_Work order_
Locate each line with the string "crates" in the listing below and copy it.
──────── Available data ────────
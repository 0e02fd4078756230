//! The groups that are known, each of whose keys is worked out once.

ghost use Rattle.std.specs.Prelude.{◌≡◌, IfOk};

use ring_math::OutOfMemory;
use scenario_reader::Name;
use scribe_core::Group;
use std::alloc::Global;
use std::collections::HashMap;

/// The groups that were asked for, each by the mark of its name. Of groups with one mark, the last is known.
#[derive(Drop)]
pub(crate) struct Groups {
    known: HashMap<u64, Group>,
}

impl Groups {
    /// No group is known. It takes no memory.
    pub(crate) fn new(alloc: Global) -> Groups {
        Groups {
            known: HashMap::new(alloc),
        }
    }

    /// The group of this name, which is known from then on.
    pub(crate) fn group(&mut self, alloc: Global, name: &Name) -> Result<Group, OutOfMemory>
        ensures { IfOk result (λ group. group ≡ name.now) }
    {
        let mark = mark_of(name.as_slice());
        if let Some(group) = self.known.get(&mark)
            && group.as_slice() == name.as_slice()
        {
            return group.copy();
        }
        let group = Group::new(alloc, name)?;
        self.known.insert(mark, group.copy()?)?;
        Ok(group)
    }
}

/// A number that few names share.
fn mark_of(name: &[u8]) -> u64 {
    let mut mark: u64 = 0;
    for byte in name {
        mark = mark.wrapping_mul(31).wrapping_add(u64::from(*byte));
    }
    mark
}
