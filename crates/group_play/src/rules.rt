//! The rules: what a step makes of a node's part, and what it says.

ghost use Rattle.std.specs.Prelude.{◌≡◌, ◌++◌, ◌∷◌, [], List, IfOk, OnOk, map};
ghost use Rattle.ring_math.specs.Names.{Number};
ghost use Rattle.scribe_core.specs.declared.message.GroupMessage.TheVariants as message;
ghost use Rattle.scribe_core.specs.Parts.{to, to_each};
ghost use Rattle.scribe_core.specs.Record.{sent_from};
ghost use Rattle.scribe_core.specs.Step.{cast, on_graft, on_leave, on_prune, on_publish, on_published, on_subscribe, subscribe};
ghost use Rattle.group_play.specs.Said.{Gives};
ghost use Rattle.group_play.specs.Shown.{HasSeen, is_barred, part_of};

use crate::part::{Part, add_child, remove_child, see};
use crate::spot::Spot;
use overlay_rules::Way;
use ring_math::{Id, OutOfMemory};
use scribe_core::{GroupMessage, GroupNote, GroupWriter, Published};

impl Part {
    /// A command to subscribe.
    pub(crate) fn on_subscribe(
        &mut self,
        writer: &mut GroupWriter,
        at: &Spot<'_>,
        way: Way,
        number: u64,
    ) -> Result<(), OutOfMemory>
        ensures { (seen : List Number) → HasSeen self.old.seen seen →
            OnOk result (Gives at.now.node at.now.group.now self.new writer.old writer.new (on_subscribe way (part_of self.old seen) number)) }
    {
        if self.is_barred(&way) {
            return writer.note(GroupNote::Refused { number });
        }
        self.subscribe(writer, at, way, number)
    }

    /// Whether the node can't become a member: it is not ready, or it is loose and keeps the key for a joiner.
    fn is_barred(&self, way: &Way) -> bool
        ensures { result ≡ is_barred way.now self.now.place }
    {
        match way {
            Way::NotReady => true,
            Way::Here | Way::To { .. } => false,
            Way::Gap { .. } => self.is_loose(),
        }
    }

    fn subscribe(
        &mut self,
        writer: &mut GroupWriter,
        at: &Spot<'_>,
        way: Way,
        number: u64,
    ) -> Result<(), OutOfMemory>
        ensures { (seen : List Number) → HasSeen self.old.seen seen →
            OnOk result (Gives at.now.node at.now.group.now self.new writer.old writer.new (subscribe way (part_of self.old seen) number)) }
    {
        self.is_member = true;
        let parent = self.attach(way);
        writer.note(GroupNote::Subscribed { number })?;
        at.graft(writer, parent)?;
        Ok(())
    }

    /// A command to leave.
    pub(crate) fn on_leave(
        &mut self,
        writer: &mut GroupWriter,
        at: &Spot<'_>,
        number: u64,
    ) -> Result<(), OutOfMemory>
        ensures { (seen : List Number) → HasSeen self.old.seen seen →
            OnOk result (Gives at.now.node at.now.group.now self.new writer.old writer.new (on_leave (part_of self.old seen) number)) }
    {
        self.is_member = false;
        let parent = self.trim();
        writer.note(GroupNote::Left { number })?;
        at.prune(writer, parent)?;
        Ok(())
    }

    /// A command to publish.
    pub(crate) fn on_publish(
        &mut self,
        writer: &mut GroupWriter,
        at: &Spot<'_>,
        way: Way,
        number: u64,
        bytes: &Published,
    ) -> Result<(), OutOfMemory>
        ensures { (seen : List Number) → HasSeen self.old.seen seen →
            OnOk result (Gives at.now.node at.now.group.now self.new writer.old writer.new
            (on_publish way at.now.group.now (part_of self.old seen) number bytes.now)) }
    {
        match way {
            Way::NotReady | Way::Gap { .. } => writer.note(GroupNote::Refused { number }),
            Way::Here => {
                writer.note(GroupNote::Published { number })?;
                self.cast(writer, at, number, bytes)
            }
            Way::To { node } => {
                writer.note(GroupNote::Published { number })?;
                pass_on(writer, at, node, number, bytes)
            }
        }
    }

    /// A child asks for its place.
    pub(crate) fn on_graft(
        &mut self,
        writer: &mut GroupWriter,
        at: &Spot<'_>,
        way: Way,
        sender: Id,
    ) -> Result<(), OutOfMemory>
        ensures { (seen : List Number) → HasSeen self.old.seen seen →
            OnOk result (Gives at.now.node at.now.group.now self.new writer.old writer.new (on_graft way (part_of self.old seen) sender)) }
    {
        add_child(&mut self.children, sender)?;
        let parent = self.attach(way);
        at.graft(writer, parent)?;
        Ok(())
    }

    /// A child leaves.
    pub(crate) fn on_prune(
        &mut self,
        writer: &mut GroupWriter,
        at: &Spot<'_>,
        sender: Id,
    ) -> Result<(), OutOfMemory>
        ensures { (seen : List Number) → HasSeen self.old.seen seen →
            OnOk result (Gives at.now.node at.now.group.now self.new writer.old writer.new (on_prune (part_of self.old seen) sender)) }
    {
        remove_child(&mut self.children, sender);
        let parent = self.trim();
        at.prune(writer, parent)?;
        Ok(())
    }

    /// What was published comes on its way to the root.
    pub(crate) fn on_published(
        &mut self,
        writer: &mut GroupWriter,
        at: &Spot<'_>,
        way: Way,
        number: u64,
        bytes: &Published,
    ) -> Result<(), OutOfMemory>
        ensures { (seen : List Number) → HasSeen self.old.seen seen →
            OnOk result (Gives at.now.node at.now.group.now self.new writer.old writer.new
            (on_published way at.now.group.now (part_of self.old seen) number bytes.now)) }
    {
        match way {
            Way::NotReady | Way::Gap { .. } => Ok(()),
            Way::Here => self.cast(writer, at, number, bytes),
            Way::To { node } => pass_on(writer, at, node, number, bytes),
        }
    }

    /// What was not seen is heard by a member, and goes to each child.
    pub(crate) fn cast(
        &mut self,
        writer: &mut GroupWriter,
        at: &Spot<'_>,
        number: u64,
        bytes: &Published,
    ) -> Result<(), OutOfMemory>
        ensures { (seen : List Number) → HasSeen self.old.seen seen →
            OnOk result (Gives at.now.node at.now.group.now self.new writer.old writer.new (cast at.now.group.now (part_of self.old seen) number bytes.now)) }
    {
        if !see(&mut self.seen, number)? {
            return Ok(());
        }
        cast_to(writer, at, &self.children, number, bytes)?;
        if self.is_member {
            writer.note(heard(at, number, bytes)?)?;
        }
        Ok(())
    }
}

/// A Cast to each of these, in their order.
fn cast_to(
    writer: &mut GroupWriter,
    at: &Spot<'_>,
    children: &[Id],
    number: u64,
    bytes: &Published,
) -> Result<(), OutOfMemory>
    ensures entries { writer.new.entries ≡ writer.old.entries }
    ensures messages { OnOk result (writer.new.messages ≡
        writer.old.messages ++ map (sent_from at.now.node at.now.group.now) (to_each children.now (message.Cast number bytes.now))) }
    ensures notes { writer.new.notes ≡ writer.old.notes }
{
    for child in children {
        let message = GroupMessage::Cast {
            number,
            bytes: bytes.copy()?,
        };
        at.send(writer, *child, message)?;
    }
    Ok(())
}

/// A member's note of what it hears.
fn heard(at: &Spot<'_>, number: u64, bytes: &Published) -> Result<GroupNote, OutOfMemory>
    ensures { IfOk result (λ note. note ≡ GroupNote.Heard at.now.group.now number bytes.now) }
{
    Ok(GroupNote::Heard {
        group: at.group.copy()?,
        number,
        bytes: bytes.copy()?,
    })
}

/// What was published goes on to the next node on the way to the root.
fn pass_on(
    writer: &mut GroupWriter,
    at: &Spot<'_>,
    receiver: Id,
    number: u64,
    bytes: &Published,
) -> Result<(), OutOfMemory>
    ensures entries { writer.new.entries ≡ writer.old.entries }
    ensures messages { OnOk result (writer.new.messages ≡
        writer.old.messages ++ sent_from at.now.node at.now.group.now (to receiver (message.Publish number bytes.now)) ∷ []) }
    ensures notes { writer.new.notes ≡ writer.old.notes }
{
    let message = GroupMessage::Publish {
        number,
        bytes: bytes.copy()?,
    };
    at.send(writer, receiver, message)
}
────────
──────── Available data ────────
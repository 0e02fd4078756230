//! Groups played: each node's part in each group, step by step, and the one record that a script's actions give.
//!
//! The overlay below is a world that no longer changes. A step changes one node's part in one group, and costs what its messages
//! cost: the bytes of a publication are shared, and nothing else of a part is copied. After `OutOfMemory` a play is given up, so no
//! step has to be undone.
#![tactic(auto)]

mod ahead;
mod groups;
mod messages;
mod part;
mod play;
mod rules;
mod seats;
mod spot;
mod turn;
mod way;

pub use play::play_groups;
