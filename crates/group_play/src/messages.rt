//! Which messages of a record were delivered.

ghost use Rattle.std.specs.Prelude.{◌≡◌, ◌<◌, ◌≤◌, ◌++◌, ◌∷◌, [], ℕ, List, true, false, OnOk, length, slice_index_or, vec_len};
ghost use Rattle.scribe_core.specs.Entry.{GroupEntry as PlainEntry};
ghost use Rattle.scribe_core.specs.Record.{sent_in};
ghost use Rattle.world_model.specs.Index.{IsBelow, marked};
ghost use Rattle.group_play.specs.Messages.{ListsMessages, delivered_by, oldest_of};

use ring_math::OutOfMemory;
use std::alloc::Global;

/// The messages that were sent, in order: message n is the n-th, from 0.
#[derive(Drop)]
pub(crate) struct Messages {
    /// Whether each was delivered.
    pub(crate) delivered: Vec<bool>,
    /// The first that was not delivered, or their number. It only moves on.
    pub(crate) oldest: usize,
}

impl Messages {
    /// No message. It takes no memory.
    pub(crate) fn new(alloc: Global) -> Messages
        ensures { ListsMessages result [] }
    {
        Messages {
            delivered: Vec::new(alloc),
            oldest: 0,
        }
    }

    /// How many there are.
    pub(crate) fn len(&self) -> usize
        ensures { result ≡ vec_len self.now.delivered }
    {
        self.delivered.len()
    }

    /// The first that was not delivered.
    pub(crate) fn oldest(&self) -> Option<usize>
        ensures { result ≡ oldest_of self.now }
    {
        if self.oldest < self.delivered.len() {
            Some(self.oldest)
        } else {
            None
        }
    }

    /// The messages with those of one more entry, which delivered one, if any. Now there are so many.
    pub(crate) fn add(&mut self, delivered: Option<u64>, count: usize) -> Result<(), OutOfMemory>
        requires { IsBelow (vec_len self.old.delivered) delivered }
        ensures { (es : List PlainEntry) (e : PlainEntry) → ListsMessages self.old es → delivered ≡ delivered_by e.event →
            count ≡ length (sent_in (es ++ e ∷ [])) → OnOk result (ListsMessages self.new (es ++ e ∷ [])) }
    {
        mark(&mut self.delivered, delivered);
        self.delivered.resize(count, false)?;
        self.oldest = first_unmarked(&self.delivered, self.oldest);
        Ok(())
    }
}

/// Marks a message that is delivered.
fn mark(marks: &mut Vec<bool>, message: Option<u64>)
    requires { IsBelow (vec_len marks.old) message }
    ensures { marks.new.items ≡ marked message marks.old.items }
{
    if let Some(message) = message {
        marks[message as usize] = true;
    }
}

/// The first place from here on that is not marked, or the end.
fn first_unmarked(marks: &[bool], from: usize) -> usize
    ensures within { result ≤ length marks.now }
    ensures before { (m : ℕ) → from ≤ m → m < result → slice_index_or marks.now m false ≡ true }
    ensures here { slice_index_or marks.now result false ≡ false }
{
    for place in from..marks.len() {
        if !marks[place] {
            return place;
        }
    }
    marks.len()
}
────────
_Written response_
filename crates/group_play/src/rules.rt
filename crates/group_play/src/messages.rt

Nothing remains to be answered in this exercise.